Совсем не то Виктор Иванович. Стоило ему оказаться в сантиметре от слепой докторской жены, как та воспылала, полюбила впервые в жизни, с готовностью задрала подол юбки. Между тем совсем недавно в супружеской постели она демонстрировала непобедимую холодность, упорно отказывая мужу в ласках и любви. Сексуальная мощь Виктора Ивановича не вызывает сомнений, психологический портрет тоже.

Таким образом, нам предложены два противоположных психофизических полюса: возвышенный (по-своему), сверхчувственный падший ангел Иоган и бесчувственное животное Виктор Иванович, более всего на свете любящий власть и всякого рода безобразия. Мазохист и садист, «дух изгнанья», бесприютный демон и вполне укорененный простоватый негодяй. Между этими полюсами располагаются все остальные персонажи невеселой человеческой комедии, по сути не имеющей названия.

Иоган — запредельный идеалист, чье происхождение отсылает к традициям и текстам классической немецкой философии. Его духовные претензии безграничны, его гордыня велика. Иоган, равно как и СеверинЗахер-Мазоха, отнюдь не патологический извращенец и негодяй, вроде Виктора Ивановича. «Если бы ты был менее добродетелен, — пеняет Венера в мехах своему поклоннику и рабу, — ты был бы совершенно нормален». Как бы не так!
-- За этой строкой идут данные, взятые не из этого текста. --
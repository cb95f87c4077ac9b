use std::alloc::AllocError;
use std::io;
use thiserror::Error;

/// Why the comparison cannot go on.
// Not the log reader's errors: it has four that cannot come here, and lacks the first.
#[derive(Debug, Drop, Error)]
pub enum Failure {
    #[error("a line is no frame with a verdict")]
    NoVector,
    #[error("there is no memory left")]
    Memory(#[from(alloc)] AllocError),
    /// Reading or writing failed.
    #[error(transparent)]
    Broken(#[from] io::Error),
}
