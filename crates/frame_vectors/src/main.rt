//! Judges the frames of the files in data/, and compares each verdict with the one that stands behind the frame.
#![tactic(auto)]

mod failure;
mod verdict;

use failure::Failure;
use movements::Movements;
use std::fs;
use std::process::ExitCode;
use tally::kind::Tally;
use tally::queues::Queues;
use tally::vehicles::Vehicles;
use verdict::judge;

/// How many frames of a file were judged, and how many verdicts were as expected.
#[derive(Clone, Copy, Default)]
struct Compared {
    frames: u64,
    as_expected: u64,
}

impl Compared {
    // Compares the verdict on a frame with what is expected, and prints a difference.
    fn add<K: Tally>(
        &mut self,
        rt: &HostRuntime,
        digits: &str,
        expected: &str,
    ) -> Result<(), Failure> {
        self.frames = self.frames.saturating_add(1);
        let found = match judge::<K>(digits.as_bytes()) {
            Ok(()) => format!(in rt.alloc(); "ok")?,
            Err(why) => format!(in rt.alloc(); "{why}")?,
        };
        if found.as_str() == expected {
            self.as_expected = self.as_expected.saturating_add(1);
        } else {
            println!(rt; "frame {}: expected {expected}, found {found}", self.frames)?;
        }
        Ok(())
    }
}

// Compares the frames of a file, and prints how many were as expected.
fn compare_file<K: Tally>(rt: &HostRuntime, name: &str) -> Result<(), Failure> {
    let text = fs::read_to_string(rt, name)?;
    let mut compared = Compared::default();
    for line in text.as_str().lines() {
        let (digits, expected) = line.split_once(" -> ").ok_or(Failure::NoVector)?;
        compared.add::<K>(rt, digits, expected)?;
    }
    println!(rt;
        "{name}: {} frames, {} as expected",
        compared.frames, compared.as_expected
    )?;
    Ok(())
}

fn run(rt: &HostRuntime) -> Result<(), Failure> {
    compare_file::<Vehicles>(rt, "01.frames")?;
    compare_file::<Queues>(rt, "02.frames")?;
    compare_file::<Movements>(rt, "03.frames")?;
    compare_file::<Movements>(rt, "lengths.frames")
}

// An `Err` from here would be printed in other words.
fn main(rt: HostRuntime) -> ExitCode {
    match run(&rt) {
        Ok(()) => ExitCode::SUCCESS,
        Err(failure) => {
            let _ = eprintln!(rt; "frame_vectors: {failure}");
            ExitCode::FAILURE
        },
    }
}
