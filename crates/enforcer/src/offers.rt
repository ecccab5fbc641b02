ghost use Rattle.std.specs.Prelude.{◌≡◌, ◌<◌, IfOk};
ghost use Rattle.rules.specs.Meaning.{Meaning, Lawful};
ghost use Rattle.guard.specs.Histories.{run_of};
ghost use Rattle.enforcer.specs.Offers.{offered, calls_of, BeginsAtRest};

use guard::runs::Call;
use letters::letter::{END, Letter};
use std::alloc::{AllocError, Global};

/// The call that offers a letter with an output of `room`.
fn offered(letter: Letter, room: usize) -> Call
    ensures { result ≡ offered room letter }
{
    if letter == END {
        Call::Close(room)
    } else {
        Call::Act(letter, room)
    }
}

/// The calls that offer letters one after the other, each with an output of `room`: a cycle is begun before each offer
/// made at rest; the end is offered by a close, any other byte by an act.
pub fn calls_of(heap: Global, offers: &[Letter], room: usize) -> Result<Vec<Call>, AllocError>
    ensures calls { IfOk result (λ v. v.items ≡ calls_of room offers.now) }
    ensures begins { (m : Meaning) → Lawful m → m.most < room → BeginsAtRest (run_of m (calls_of room offers.now)) }
{
    let mut calls = Vec::new(heap);
    // A flag and one loop: cut at the ends, the offers would take two loops, and the last piece need not have an end.
    let mut open = false;
    for letter in offers {
        if !open {
            calls.push(Call::Begin)?;
        }
        calls.push(offered(*letter, room))?;
        open = *letter != END;
    }
    Ok(calls)
}
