ghost use Rattle.std.specs.Prelude.{◌≡◌};
ghost use Rattle.enforcer.specs.declared.fault.EnforcerFault.TheVariants.{File, Limit, Memory};
ghost use Rattle.enforcer.specs.Faults.{fault_number};

use rules::fault::RuleFault;
use std::alloc::AllocError;
use synthesis::fault::SynthesisFault;

/// Why calls were not made: the file has no table, its limit has no cap, or memory is wanting.
#[derive(Clone, Copy, PartialEq, Eq, Debug)]
pub enum EnforcerFault {
    File(SynthesisFault),
    Limit(RuleFault),
    Memory,
}

impl From<SynthesisFault> for EnforcerFault {
    ghost from_gives = { λ fault r. r ≡ File fault };

    fn from(fault: SynthesisFault) -> Self {
        EnforcerFault::File(fault)
    }
}

impl From<RuleFault> for EnforcerFault {
    ghost from_gives = { λ fault r. r ≡ Limit fault };

    fn from(fault: RuleFault) -> Self {
        EnforcerFault::Limit(fault)
    }
}

impl From<AllocError> for EnforcerFault {
    ghost from_gives = { λ _ r. r ≡ Memory };

    fn from(_: AllocError) -> Self {
        EnforcerFault::Memory
    }
}

impl EnforcerFault {
    /// The refusal's number, or none where memory is wanting.
    pub fn number(self) -> Option<u8>
        ensures { result ≡ fault_number self }
    {
        match self {
            EnforcerFault::File(fault) => Some(fault.report().number),
            EnforcerFault::Limit(fault) => Some(fault.number()),
            EnforcerFault::Memory => None,
        }
    }
}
Норма — удел посредственных людей и уродов. Иогана и Северина волнует возвышенное. Как представление непредставимого, внушающее то негативное удовольствие, о котором с любопытством писал проницательный Кант и которое вполне тождественно удовольствию мазохиста. Девушка под розгой — это не просто реальный мазохистский фантазм, это визуальная метафора гордыни. «Вы больше, чем фантазер, — восхищенно вздыхает героиня Захер-Мазоха. — У вас хватает мужества осуществить то, что вы навыдумывали!» Напрасно удивляется, претензии Северина велики, и он рассчитывает на соответствующую награду: «Я почувствовал какую-то фантастическую, сверхчувственную прелесть в своем жалком положении».

В конечном счете фильм Балабанова о том, что не знающий удержу и смирения идеалист — всегда мазохист. Вдохновенный мазохист, в свою очередь, — всегда сладострастный искуситель простых сердец. Итого: идеалист-мазохист- провокатор — вот какая поразительная конструкция вычитывается из фильма «Про уродов и людей».

Манцов И. Посетитель музея // Искусство кино. 1999. № 2.